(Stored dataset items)
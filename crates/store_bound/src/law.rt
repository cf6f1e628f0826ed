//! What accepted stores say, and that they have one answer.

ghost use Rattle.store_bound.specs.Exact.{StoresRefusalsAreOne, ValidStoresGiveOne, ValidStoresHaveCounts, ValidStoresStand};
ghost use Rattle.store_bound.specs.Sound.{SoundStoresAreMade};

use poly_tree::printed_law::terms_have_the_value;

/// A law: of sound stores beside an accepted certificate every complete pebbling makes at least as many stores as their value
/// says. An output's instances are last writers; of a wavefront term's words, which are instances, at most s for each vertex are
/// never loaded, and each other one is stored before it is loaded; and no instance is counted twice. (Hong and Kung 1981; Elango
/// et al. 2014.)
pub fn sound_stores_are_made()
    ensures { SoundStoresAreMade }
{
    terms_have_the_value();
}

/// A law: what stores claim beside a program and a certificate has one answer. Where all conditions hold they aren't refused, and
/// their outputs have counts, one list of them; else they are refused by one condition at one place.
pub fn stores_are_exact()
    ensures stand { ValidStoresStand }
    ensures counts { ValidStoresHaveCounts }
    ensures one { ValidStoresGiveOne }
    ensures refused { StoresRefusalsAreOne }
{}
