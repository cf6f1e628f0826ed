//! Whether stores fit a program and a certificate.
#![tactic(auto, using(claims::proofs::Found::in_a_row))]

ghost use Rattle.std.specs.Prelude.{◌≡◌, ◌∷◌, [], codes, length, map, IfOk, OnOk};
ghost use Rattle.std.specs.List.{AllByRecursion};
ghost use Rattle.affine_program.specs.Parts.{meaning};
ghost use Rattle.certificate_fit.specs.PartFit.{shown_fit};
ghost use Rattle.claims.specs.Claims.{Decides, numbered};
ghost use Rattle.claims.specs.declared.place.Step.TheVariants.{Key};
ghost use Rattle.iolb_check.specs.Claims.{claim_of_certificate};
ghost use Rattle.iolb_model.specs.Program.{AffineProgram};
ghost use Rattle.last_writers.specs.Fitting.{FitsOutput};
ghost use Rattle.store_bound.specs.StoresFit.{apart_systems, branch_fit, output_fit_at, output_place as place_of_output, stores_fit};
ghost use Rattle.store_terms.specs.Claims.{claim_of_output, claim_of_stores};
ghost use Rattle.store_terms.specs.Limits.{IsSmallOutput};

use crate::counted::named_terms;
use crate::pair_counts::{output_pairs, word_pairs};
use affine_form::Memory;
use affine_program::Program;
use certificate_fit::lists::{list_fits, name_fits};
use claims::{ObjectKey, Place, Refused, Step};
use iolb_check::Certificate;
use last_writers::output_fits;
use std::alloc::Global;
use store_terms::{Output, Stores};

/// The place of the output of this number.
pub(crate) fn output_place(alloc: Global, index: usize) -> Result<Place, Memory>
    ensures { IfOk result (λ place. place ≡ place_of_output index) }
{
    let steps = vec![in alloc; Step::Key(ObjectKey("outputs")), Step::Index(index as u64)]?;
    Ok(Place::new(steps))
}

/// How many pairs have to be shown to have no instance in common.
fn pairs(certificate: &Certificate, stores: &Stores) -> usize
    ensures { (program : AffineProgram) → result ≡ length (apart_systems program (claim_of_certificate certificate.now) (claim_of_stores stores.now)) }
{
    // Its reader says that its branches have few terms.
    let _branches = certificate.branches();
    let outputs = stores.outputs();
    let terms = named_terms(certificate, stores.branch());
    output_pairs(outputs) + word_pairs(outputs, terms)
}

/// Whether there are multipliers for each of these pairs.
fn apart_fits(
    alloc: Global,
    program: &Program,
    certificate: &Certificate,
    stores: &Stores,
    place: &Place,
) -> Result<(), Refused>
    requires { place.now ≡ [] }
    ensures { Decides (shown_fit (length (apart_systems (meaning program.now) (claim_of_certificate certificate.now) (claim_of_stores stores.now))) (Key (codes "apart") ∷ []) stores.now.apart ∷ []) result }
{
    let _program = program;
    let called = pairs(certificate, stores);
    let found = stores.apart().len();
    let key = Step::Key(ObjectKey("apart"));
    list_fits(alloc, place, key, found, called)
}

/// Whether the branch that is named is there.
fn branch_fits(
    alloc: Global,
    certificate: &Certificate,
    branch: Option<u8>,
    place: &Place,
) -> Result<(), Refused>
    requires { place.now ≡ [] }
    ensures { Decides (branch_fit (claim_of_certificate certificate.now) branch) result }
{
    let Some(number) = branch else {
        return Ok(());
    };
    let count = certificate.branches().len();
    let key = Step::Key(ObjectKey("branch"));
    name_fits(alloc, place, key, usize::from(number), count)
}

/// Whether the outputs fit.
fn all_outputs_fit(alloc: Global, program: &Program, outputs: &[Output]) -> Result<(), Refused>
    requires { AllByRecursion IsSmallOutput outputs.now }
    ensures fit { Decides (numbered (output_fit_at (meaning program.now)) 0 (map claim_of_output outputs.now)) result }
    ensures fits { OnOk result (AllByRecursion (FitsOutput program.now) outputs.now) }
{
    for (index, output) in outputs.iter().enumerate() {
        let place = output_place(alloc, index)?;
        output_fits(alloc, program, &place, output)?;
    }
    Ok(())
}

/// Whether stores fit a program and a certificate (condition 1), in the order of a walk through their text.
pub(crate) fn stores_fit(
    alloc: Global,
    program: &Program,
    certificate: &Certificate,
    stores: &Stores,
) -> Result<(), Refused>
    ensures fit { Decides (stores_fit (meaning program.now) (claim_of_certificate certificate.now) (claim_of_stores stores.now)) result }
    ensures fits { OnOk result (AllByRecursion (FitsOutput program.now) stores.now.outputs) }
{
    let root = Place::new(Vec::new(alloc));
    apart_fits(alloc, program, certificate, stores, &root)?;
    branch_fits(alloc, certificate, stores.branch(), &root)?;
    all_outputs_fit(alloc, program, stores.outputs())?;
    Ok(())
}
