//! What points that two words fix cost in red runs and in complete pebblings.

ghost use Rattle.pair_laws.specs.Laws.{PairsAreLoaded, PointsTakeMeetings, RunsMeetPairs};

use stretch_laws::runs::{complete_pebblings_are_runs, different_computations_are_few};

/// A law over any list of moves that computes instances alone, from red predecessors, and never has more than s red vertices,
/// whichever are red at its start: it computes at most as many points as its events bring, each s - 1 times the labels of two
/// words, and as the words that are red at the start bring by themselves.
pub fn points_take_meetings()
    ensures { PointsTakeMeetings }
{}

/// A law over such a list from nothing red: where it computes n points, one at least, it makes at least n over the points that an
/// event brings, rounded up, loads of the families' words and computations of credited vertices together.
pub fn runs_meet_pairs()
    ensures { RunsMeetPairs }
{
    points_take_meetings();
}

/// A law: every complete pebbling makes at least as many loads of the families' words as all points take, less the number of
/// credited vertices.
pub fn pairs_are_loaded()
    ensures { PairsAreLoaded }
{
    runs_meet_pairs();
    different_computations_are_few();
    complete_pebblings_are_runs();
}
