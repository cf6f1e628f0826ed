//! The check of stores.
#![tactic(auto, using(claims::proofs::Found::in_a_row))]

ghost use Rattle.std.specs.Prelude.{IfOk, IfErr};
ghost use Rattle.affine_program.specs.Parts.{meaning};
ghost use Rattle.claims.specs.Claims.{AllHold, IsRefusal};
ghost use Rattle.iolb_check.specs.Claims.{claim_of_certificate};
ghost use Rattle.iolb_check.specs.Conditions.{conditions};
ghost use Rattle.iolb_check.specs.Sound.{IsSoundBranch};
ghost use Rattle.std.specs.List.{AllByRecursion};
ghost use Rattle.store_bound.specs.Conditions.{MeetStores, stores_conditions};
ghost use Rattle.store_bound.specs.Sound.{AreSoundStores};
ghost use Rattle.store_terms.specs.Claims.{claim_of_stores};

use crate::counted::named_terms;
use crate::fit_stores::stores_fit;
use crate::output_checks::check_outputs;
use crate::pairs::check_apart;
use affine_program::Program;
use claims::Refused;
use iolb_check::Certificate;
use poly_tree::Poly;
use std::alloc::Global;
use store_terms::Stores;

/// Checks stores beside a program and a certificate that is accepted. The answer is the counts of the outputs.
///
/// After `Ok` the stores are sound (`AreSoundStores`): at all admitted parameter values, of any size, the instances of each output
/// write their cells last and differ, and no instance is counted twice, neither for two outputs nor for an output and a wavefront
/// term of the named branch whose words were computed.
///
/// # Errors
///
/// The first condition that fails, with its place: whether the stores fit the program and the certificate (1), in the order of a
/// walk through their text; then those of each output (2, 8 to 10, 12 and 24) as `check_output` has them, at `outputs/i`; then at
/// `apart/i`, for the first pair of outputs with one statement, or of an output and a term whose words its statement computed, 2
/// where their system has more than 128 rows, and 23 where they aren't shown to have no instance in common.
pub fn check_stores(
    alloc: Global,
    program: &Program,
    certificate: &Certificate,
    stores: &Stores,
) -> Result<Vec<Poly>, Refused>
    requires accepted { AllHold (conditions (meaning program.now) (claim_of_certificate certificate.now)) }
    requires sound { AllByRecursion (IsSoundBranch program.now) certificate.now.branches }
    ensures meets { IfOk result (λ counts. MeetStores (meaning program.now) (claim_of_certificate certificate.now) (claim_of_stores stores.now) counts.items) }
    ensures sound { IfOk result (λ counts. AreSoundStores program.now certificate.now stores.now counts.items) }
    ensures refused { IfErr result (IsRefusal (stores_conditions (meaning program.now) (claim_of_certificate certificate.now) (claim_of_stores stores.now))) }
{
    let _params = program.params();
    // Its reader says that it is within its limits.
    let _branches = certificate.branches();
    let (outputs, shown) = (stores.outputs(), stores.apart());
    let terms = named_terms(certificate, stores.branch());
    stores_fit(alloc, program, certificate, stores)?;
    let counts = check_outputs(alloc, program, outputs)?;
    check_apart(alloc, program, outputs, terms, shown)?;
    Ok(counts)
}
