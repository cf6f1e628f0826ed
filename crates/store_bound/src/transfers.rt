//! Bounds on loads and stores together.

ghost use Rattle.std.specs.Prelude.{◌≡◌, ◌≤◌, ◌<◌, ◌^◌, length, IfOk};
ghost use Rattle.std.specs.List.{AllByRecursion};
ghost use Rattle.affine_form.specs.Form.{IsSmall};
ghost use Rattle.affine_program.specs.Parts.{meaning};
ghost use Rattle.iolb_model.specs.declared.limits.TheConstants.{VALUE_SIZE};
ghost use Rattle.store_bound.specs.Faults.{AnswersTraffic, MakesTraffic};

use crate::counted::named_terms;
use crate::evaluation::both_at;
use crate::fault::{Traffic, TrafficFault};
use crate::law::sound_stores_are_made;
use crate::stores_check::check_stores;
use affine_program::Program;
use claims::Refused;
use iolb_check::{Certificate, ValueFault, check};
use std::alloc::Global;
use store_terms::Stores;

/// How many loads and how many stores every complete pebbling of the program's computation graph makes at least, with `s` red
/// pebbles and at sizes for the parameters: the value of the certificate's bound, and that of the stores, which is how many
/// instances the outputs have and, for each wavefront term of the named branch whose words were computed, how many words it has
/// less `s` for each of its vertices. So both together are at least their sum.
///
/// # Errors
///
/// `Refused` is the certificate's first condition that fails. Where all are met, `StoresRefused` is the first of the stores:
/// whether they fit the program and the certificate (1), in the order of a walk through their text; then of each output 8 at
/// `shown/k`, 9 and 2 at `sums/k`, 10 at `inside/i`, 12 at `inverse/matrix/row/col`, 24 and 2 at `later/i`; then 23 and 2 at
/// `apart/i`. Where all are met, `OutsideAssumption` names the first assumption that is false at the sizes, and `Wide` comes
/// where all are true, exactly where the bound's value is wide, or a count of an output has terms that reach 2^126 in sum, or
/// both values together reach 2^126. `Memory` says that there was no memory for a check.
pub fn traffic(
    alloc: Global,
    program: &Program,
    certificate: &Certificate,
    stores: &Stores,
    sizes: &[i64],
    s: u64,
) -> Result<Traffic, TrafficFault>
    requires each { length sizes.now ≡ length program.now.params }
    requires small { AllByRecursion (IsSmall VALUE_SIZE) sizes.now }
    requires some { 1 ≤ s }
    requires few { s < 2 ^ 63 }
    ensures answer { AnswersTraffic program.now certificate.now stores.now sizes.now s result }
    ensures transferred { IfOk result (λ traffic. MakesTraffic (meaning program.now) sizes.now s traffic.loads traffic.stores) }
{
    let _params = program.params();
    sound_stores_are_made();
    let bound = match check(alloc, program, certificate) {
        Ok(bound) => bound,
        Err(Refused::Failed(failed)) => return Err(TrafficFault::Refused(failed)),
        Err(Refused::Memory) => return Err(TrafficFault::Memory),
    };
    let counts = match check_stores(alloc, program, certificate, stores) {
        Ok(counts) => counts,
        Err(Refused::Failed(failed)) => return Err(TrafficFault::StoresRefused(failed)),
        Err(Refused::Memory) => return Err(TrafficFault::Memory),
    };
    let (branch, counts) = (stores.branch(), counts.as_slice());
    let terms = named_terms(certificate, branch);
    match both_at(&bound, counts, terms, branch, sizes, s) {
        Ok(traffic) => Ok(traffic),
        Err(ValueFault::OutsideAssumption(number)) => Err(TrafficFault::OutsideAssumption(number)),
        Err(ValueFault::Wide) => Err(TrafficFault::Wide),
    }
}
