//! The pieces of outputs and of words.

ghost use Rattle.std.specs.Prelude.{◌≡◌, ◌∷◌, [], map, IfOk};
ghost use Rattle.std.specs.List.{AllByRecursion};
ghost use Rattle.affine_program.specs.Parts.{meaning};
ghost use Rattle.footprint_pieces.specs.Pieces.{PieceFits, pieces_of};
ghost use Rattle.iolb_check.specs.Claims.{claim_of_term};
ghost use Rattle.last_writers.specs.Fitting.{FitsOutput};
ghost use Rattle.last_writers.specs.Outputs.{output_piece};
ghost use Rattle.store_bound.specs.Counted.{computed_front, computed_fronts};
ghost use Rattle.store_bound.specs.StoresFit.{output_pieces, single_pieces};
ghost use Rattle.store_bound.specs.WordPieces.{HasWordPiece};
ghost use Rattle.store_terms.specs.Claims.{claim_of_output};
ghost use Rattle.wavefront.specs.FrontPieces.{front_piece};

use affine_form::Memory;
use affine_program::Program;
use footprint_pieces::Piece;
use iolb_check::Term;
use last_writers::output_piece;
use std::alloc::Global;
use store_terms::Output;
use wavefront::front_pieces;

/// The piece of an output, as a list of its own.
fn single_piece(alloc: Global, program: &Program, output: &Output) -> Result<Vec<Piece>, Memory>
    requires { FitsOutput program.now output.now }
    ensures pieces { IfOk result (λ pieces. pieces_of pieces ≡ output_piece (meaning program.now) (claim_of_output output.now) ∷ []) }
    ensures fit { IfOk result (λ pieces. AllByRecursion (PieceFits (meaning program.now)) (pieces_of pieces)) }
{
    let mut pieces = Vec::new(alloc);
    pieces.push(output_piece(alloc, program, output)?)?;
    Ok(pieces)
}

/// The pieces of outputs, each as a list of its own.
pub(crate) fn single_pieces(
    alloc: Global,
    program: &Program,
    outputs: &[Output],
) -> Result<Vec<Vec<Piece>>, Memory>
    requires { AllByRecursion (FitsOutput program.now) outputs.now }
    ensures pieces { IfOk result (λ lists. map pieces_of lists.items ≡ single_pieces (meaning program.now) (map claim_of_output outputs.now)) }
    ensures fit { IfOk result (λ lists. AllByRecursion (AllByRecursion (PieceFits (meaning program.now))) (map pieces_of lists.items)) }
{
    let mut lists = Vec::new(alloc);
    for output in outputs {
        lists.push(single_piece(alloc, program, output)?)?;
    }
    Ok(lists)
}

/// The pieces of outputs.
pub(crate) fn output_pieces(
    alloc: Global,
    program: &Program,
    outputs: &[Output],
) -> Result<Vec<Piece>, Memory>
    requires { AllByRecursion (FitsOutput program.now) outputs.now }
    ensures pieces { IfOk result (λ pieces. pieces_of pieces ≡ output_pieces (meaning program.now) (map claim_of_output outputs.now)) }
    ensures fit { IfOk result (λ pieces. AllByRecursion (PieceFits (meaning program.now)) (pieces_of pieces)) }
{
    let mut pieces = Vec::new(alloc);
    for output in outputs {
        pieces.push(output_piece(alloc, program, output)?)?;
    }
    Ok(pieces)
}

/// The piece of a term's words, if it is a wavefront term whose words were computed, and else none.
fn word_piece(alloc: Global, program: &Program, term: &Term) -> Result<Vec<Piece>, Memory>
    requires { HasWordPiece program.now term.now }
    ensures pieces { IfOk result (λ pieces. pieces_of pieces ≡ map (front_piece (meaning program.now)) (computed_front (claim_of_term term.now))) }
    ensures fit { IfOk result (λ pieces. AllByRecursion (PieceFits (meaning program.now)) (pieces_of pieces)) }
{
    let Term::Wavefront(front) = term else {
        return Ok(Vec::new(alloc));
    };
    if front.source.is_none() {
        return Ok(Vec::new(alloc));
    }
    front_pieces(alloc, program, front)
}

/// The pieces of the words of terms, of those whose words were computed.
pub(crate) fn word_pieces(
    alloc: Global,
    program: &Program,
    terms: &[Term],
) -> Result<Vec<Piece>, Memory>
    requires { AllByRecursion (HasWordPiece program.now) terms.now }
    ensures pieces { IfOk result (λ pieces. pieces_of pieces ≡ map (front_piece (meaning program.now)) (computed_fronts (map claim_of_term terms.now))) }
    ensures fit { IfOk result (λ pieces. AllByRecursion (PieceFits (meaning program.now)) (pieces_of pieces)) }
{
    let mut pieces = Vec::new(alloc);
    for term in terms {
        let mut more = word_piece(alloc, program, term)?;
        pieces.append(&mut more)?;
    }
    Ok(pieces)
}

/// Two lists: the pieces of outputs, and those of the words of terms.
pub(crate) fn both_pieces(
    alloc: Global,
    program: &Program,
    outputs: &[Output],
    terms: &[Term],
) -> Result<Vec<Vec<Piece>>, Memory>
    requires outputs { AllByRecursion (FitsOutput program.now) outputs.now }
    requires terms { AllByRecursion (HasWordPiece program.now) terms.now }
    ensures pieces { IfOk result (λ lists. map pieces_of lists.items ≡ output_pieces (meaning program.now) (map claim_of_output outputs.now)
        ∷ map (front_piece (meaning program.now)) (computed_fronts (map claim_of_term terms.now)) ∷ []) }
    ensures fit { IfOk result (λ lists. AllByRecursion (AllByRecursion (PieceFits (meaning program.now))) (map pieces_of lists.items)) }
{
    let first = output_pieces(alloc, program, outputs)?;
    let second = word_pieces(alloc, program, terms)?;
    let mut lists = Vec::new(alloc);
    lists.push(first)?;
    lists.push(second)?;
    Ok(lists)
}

What to work on: Answer with one number, namely how many lines in the records contain the string "MakesTraffic".

Finished task: 2